> _Data provided_
>>>

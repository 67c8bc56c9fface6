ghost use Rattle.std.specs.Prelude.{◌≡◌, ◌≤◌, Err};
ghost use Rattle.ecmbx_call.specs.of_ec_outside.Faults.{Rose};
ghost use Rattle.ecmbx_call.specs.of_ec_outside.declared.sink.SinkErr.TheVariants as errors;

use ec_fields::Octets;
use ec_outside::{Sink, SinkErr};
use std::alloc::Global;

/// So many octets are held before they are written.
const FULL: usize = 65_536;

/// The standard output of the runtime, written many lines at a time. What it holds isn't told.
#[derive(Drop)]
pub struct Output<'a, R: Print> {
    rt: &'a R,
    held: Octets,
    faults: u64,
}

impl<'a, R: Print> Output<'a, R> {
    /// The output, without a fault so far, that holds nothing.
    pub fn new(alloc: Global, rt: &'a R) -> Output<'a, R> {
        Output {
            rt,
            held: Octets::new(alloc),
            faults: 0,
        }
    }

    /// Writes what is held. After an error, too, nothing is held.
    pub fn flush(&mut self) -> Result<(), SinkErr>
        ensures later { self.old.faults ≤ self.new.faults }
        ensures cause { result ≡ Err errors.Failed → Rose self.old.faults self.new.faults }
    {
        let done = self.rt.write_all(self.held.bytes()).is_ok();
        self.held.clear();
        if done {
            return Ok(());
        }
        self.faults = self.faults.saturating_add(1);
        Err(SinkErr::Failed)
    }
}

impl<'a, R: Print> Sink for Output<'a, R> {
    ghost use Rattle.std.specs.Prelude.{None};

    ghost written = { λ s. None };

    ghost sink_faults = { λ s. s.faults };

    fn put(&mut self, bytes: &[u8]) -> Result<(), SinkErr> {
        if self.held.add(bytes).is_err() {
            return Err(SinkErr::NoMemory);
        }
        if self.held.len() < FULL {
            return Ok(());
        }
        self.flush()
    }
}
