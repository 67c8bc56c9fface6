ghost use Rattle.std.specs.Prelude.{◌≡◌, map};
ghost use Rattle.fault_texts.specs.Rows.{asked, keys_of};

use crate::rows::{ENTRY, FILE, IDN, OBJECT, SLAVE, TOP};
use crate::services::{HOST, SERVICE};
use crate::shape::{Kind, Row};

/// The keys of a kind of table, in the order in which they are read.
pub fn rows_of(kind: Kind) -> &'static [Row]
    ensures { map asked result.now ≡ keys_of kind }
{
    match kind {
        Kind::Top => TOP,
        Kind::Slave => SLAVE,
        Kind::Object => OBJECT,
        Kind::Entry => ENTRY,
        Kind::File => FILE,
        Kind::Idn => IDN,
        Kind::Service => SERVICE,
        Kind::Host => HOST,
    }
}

<<<

> _Task objective_
Filter the material for the word "asked" and copy each matching line.

> _Reply_
ghost use Rattle.fault_texts.specs.Rows.{asked, keys_of};
    ensures { map asked result.now ≡ keys_of kind }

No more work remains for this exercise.